Yeah, the same old "farm story".


----------



## RadishRose (Feb 4, 2018)

They say a duck's quack cannot produce an echo? True or an old wive's tale?


----------



## Mrs. Robinson (Feb 4, 2018)

When I met hy husband back in 1965,his sister had pet ducks. Mallards. They were "Jean" and "Clarence",named after a couple who used to hang out at their dad`s bar in San Francisco lol. She kept them well into her adulthood,after she had moved out of the house and had her daughter. A raccoon ended up getting one of them,don`t remember which,and the other she kept until it died of,presumably,old age.


----------



## NancyNGA (Feb 4, 2018)

My father had a pet duck.
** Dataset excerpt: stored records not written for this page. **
//! Tests of a component's event, one for each property that the rule asks about.

ghost use Rattle.std.specs.Prelude.{◌≡◌};
ghost use Rattle.std.specs.List.{list_any};
ghost use Rattle.ldar_law.specs.Happenings as law;
ghost use Rattle.ldar_law.specs.Tags.{delay_entry as delay_entered_at};

use crate::delay::DelayEntry;
use crate::event::{Event, Happening};
use crate::grounds::{GROUND_DUAL_SEAL, GROUND_PURGING, GROUND_SHUTDOWN, GROUND_STOCK};
use ldar_days::Day;

/// Whether some event is a leak.
pub fn has_leak(events: &[Event]) -> bool
    ensures value { result ≡ list_any (λ x. law.is_leak x.what) events.now }
{
    events.iter().any(|x| x.what.is_leak())
}

impl Happening {
    /// Whether it is a leak of any kind.
    pub fn is_leak(&self) -> bool
        ensures value { result ≡ law.is_leak self.now }
    {
        match *self {
            Happening::Read { leak, .. } => leak,
            Happening::Look { leak, .. } => leak,
            Happening::Sensor { leak, .. } => leak,
            _ => false,
        }
    }

    /// Whether it is a reading or a visual inspection.
    pub fn is_reading_or_drip(&self) -> bool
        ensures value { result ≡ law.is_reading_or_drip self.now }
    {
        matches!(*self, Happening::Read { .. } | Happening::Look { .. })
    }

    /// Whether it is a visual inspection, whatever it found.
    pub fn is_look(&self) -> bool
        ensures value { result ≡ law.is_look self.now }
    {
        matches!(*self, Happening::Look { .. })
    }

    /// Whether it is a sensor's indication.
    pub fn is_sensor(&self) -> bool
        ensures value { result ≡ law.is_sensor self.now }
    {
        matches!(*self, Happening::Sensor { .. })
    }

    /// Whether it is a reading that counts.
    pub fn is_counting(&self) -> bool
        ensures value { result ≡ law.is_counting self.now }
    {
        match *self {
            Happening::Read { counts, .. } => counts,
            _ => false,
        }
    }

    /// Whether it is a counting reading below the leak definition.
    pub fn is_below(&self) -> bool
        ensures value { result ≡ law.is_below self.now }
    {
        match *self {
            Happening::Read { below, .. } => below,
            _ => false,
        }
    }

    /// Whether it is a counting routine reading.
    pub fn is_routine(&self) -> bool
        ensures value { result ≡ law.is_routine self.now }
    {
        match *self {
            Happening::Read {
                routine,
                counts,
                ..
            } => routine && counts,
            _ => false,
        }
    }

    /// Whether it is a counting routine reading below the leak definition.
    pub fn is_routine_below(&self) -> bool
        ensures value { result ≡ law.is_routine_below self.now }
    {
        match *self {
            Happening::Read { routine, below, .. } => routine && below,
            _ => false,
        }
    }

    /// Whether it is a counting routine reading that is a leak.
    pub fn is_routine_leak(&self) -> bool
        ensures value { result ≡ law.is_routine_leak self.now }
    {
        match *self {
            Happening::Read {
                routine,
                counts,
                leak,
                ..
            } => routine && counts && leak,
            _ => false,
        }
    }

    /// Whether it is a counting reading less than 500 parts per million above the background. A reading below the
    /// background is 0 above it (our own rule).
    pub fn is_near_background(&self) -> bool
        ensures value { result ≡ law.is_near_background self.now }
    {
        match *self {
            Happening::Read {
                ppm,
                background,
                counts,
                ..
            } => counts && ppm.saturating_sub(background) < 500,
            _ => false,
        }
    }

    /// Whether it is a dry visual inspection.
    pub fn is_dry(&self) -> bool
        ensures value { result ≡ law.is_dry self.now }
    {
        match *self {
            Happening::Look { drips, .. } => !drips,
            _ => false,
        }
    }

    /// Whether it is a visual inspection that found drips, whether designated as a leak or not.
    pub fn has_drips(&self) -> bool
        ensures value { result ≡ law.has_drips self.now }
    {
        match *self {
            Happening::Look { drips, .. } => drips,
            _ => false,
        }
    }

    /// Whether it designates drips as a leak (40 CFR 60.482-2a(b)(2)(ii)).
    pub fn is_designating(&self) -> bool
        ensures value { result ≡ law.is_designating self.now }
    {
        match *self {
            Happening::Look { designated, .. } => designated,
            _ => false,
        }
    }

    /// Whether it found drips that are not designated as a leak.
    pub fn has_undesignated_drips(&self) -> bool
        ensures value { result ≡ law.has_undesignated_drips self.now }
    {
        match *self {
            Happening::Look {
                drips,
                designated,
                ..
            } => drips && !designated,
            _ => false,
        }
    }

    /// Whether it is a pressure release (40 CFR 60.482-4a(b)).
    pub fn is_release(&self) -> bool
        ensures value { result ≡ law.is_release self.now }
    {
        matches!(*self, Happening::Release)
    }

    /// Whether evidence of a potential leak is present (40 CFR 60.482-8a(a)).
    pub fn has_evidence(&self) -> bool
        ensures value { result ≡ law.has_evidence self.now }
    {
        match *self {
            Happening::Evidence { present } => present,
            _ => false,
        }
    }

    /// Whether such evidence is gone.
    pub fn is_evidence_gone(&self) -> bool
        ensures value { result ≡ law.is_evidence_gone self.now }
    {
        match *self {
            Happening::Evidence { present } => !present,
            _ => false,
        }
    }

    /// Whether it is an attempt at a repair.
    pub fn is_attempt(&self) -> bool
        ensures value { result ≡ law.is_attempt self.now }
    {
        matches!(*self, Happening::Attempt { .. })
    }

    /// Whether it is an attempt that is marked complete.
    pub fn is_complete(&self) -> bool
        ensures value { result ≡ law.is_complete self.now }
    {
        match *self {
            Happening::Attempt { complete } => complete,
            _ => false,
        }
    }

    /// Whether it is a delay of ground (a), (c), (d) or (e) (40 CFR 60.482-9a).
    pub fn delays_with_reading(&self) -> bool
        ensures value { result ≡ law.delays_with_reading self.now }
    {
        match *self {
            Happening::Delay { ground, .. } => ground == GROUND_SHUTDOWN
                || ground == GROUND_PURGING
                || ground == GROUND_DUAL_SEAL
                || ground == GROUND_STOCK,
            _ => false,
        }
    }

    /// Whether the component goes out of service.
    pub fn is_retire(&self) -> bool
        ensures value { result ≡ law.is_retire self.now }
    {
        matches!(*self, Happening::Retire)
    }
}

impl Event {
    /// Whether its day is in the range.
    pub fn is_from_to(&self, first: Day, last: Day) -> bool
        ensures value { result ≡ law.is_from_to first last self.now }
    {
        first <= self.key.day && self.key.day <= last
    }

    /// Whether it is in the month with this number, which may be outside the calendar.
    pub fn is_in_month(&self, month: u32) -> bool
        ensures value { result ≡ law.is_in_month month self.now }
    {
        self.key.day.month().number() == month
    }

    /// The delay of repair, if the event is one.
    pub fn delay_entry(&self) -> Option<DelayEntry>
        ensures value { result ≡ delay_entered_at self.now }
    {
        match self.what {
            Happening::Delay {
                ground,
                signer,
                expected,
            } => Some(DelayEntry {
                key: self.key,
                ground,
                signer,
                expected,
            }),
            _ => None,
        }
    }
}
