ghost use Rattle.std.specs.Prelude.{◌≡◌};

use std::marker::Model;

/// The text of a view. In contracts it is its bytes.
#[derive(Drop)]
pub struct Text {
    bytes: Vec<u8>,
}

impl Model for Text {
    ghost use Rattle.std.specs.Prelude.{ℕ, List};

    ghost Value = { List ℕ };

    ghost view = { λ t. t.bytes.items };
}

impl Text {
    /// The text with these bytes. Allocates nothing.
    pub fn new(bytes: Vec<u8>) -> Text
        ensures value { result ≡ bytes.items }
    {
        Text { bytes }
    }

    /// The bytes of the text.
    pub fn as_bytes(&self) -> &[u8]
        ensures value { result.now ≡ self.now }
    {
        self.bytes.as_slice()
    }

    /// Returns the bytes of the text as a vector. Allocates nothing.
    pub fn into_bytes(self) -> Vec<u8>
        ensures value { result.items ≡ self }
    {
        self.bytes
    }
}
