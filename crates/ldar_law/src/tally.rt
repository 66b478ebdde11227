ghost use Rattle.std.specs.Prelude.{◌≡◌, true, ◌<◌};
ghost use Rattle.ldar_law.specs.Percent.{is_good as says_good};
ghost use Rattle.ldar_law.specs.Tallies.{with_mark};
ghost use Rattle.ldar_law.specs.declared.numbers.TheConstants.{MOST_COMPONENTS};

/// What one valve adds to the counts of a quarter (40 CFR 60.485a(h)).
#[derive(Clone, Copy, Debug, PartialEq, Eq)]
pub struct Mark {
    pub leaking: bool,
    pub monitored: bool,
}

/// The counts of valves of a process unit in a quarter. Their quotient is the percent leaking (40 CFR 60.485a(h)).
#[derive(Clone, Copy, Debug, PartialEq, Eq)]
pub struct Tally {
    pub leaking: u32,
    pub monitored: u32,
}

impl Tally {
    /// Counts one more valve.
    pub fn add(&mut self, mark: Mark)
        requires leaking { self.old.leaking < MOST_COMPONENTS }
        requires monitored { self.old.monitored < MOST_COMPONENTS }
        ensures value { self.new ≡ with_mark self.old mark }
    {
        self.leaking += u32::from(mark.leaking);
        self.monitored += u32::from(mark.monitored);
    }

    /// Removes a valve that was counted; counting it again restores the counts.
    pub fn remove(&mut self, mark: Mark)
        requires leaking { mark.leaking ≡ true → 0 < self.old.leaking }
        requires monitored { mark.monitored ≡ true → 0 < self.old.monitored }
        ensures value { with_mark self.new mark ≡ self.old }
    {
        self.leaking -= u32::from(mark.leaking);
        self.monitored -= u32::from(mark.monitored);
    }

    /// Whether the quarter is good: at least one valve was monitored, and at most 2 percent of those monitored leak (40
    /// CFR 60.483-2a(b)(2)).
    pub fn is_good(&self) -> bool
        ensures value { result ≡ says_good self.now }
    {
        0 < self.monitored && 50 * u64::from(self.leaking) <= u64::from(self.monitored)
    }
}
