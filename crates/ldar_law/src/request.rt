ghost use Rattle.std.specs.Prelude.{◌≡◌};
ghost use Rattle.ldar_law.specs.Replies.{what_text};

use fact_kinds::Batch;
use ldar_days::Day;

/// A request to the office: to keep a batch, or to show something as of a day. Numbers of units, quarters and halves
/// count from 1; a request may use numbers that do not exist.
#[derive(Drop)]
pub enum Request {
    Sync(Batch),
    Due {
        unit: u16,
        day: Day,
    },
    Tags {
        unit: u16,
        day: Day,
    },
    Delays {
        unit: u16,
        day: Day,
    },
    Route {
        unit: u16,
        day: Day,
        /// The maximum number of components in a route.
        stops: u16,
    },
    Percent {
        unit: u16,
        quarter: u16,
        day: Day,
    },
    Report {
        unit: u16,
        half: u16,
        day: Day,
    },
}

/// What does not exist.
#[derive(Clone, Copy, Debug, PartialEq, Eq)]
pub enum What {
    Unit,
    Quarter,
    Half,
    Day,
    Stops,
}

impl What {
    /// The word for it in the line of a reply.
    pub fn word(self) -> &'static str
        ensures value { result.now ≡ what_text self }
    {
        match self {
            What::Unit => "unit",
            What::Quarter => "quarter",
            What::Half => "half",
            What::Day => "day",
            What::Stops => "stops",
        }
    }
}
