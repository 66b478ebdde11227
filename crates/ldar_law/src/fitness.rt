ghost use Rattle.std.specs.Prelude.{◌≡◌};
ghost use Rattle.ldar_law.specs.Fitness.{is_fit as says_fit};

use fact_kinds::Key;

/// Whether a reading is fit to be used (40 CFR 60.485a(b); EPA Method 21, sections 8.1.2 and 10.1), and if not, the
/// first reason.
#[derive(Clone, Copy, Debug, PartialEq, Eq)]
pub enum Fitness {
    Fit,
    /// The instrument was not calibrated earlier on the day.
    NoCalibration,
    /// Each calibration of the day used a gas of more than the leak definition plus 2,000 parts per million.
    GasTooHigh,
    /// No earlier precision test that is at most three months old passed.
    NoPrecision,
    /// The drift assessment with this key, the first such one, voids the reading (40 CFR 60.485a(b)(2)).
    Voided { drift: Key },
}

impl Fitness {
    /// Whether the reading may be used.
    pub fn is_fit(&self) -> bool
        ensures value { result ≡ says_fit self.now }
    {
        matches!(*self, Fitness::Fit)
    }
}
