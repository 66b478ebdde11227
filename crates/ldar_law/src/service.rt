//! Whether a component is in service on a day, and the first monitoring that it owes.

ghost use Rattle.std.specs.Prelude.{◌≡◌, ◌||◌};
ghost use Rattle.list_words.specs.Order.{Ascends};
ghost use Rattle.fact_kinds.specs.Facts.{is_earlier};
ghost use Rattle.ldar_law.specs.Duties as duties;
ghost use Rattle.ldar_law.specs.Force as force;
ghost use Rattle.ldar_law.specs.Standing as law;

use crate::equipment::Equipment;
use crate::numbers::FIRST_DAYS;
use crate::regime::Regime;
use crate::sorts::is_none_designated;
use fact_kinds::{Class, Key};
use ldar_days::Day;

/// Whether the day, if there is one, has come.
fn has_come(first: &Option<Day>, day: Day) -> bool
    ensures value { result ≡ force.has_come first.now day }
{
    match *first {
        Some(first) => first <= day,
        None => false,
    }
}

impl Equipment {
    /// Whether it is in service on a day (our own rule): it has begun and is not retired.
    pub fn is_in_service(&self, day: Day) -> bool
        ensures value { result ≡ force.is_in_service self.now day }
    {
        self.begin <= day && !has_come(&self.retired, day)
    }

    /// The due day of its first monitoring (40 CFR 60.482-2a(a)(1), 60.482-7a(a)(2)).
    pub fn first_due(&self) -> Day
        ensures value { result ≡ duties.first_due self.now }
    {
        self.begin.plus_days(FIRST_DAYS)
    }

    /// Whether it is a valve or a pump that needs a first monitoring, by the class in force on a day (40 CFR 60.482-2a,
    /// 60.482-7a).
    fn is_valve_or_pump_on(&self, classes: &[(Key, Class)], day: Day) -> bool
        requires ordered { Ascends (λ a b. is_earlier a.0 b.0) classes.now }
        ensures value { result ≡ (law.is_under_valve_rules self.now classes.now day || law.is_under_pump_rules self.now classes.now day) }
    {
        let regime = Regime::of(self.kind, self.class_on(classes, day).service);
        regime.are_valve_rules() || regime.are_pump_rules()
    }

    /// Whether it has no designation on a day.
    fn is_plain(&self, classes: &[(Key, Class)], day: Day) -> bool
        requires ordered { Ascends (λ a b. is_earlier a.0 b.0) classes.now }
        ensures value { result ≡ law.is_plain self.now classes.now day }
    {
        is_none_designated(self.class_on(classes, day).designation)
    }

    /// Whether a first monitoring is owed on a day (40 CFR 60.482-2a(a)(1), 60.482-7a(a)(2)), from the component's
    /// classes in key order. `startup` is that of its process unit.
    pub fn is_first_owed(&self, classes: &[(Key, Class)], startup: Day, day: Day) -> bool
        requires ordered { Ascends (λ a b. is_earlier a.0 b.0) classes.now }
        ensures value { result ≡ duties.is_first_owed self.now classes.now startup day }
    {
        self.is_in_service(day)
            && self.is_valve_or_pump_on(classes, day)
            && self.is_plain(classes, self.begin)
            && startup < self.begin
            && !self.replaces
    }
}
It was a result of one of those Easter sales, where people buy cute little baby ducks for their kids, then don't know what to do with them (the ducks, not the kids ). 

 A friend bought one for his child, and I said I'd take the duck and put it out on our pond.  Then realized there were snapping turtles out there.  So my parents took it to Florida with them and kept it.  

They bought all kinds of fancy feeders and toys, and a wading pool, and even took it to the vet a couple of times.  My father loved it; my mother, not so much.  If you wore shoes with laces, it would always come around and untie your shoes. We had a lot of laughs about that duck.  A year or so later it started laying eggs.  My father named her Q_uack-Quack_.


----------



## ProsperosDaughter (Feb 4, 2018)

NancyNGA said:


> My father had a pet duck. It was a result of one of those Easter sales, where people buy cute little ducks for their kids, then don't know what to do with them (the ducks, I mean).
> 
> A friend bought one for his child, and I said I'd take the duck and put it out on our pond.  Then realized there were snapping turtles out there.  So my parents took it to Florida with them and kept it.
> 
> They bought all kinds of fancy feeders and toys, and a wading pool, and even took it to the vet a couple of times.  My father loved it; my mother, not so much.  If you wore shoes with laces, it would always come around and untie your shoes. We had a lot of laughs about that duck.  A year or so later it started laying eggs.  My father named her Q_uack-Quack_.



Wow I forgot about that. We used to feed the ducks when I was a kid (at a city park) They would untie our sneakers. Thank you NancyNGA for jogging that memory


----------



## RadishRose (Feb 4, 2018)

Meanderer, do you remember this?






How I love these girls!


----------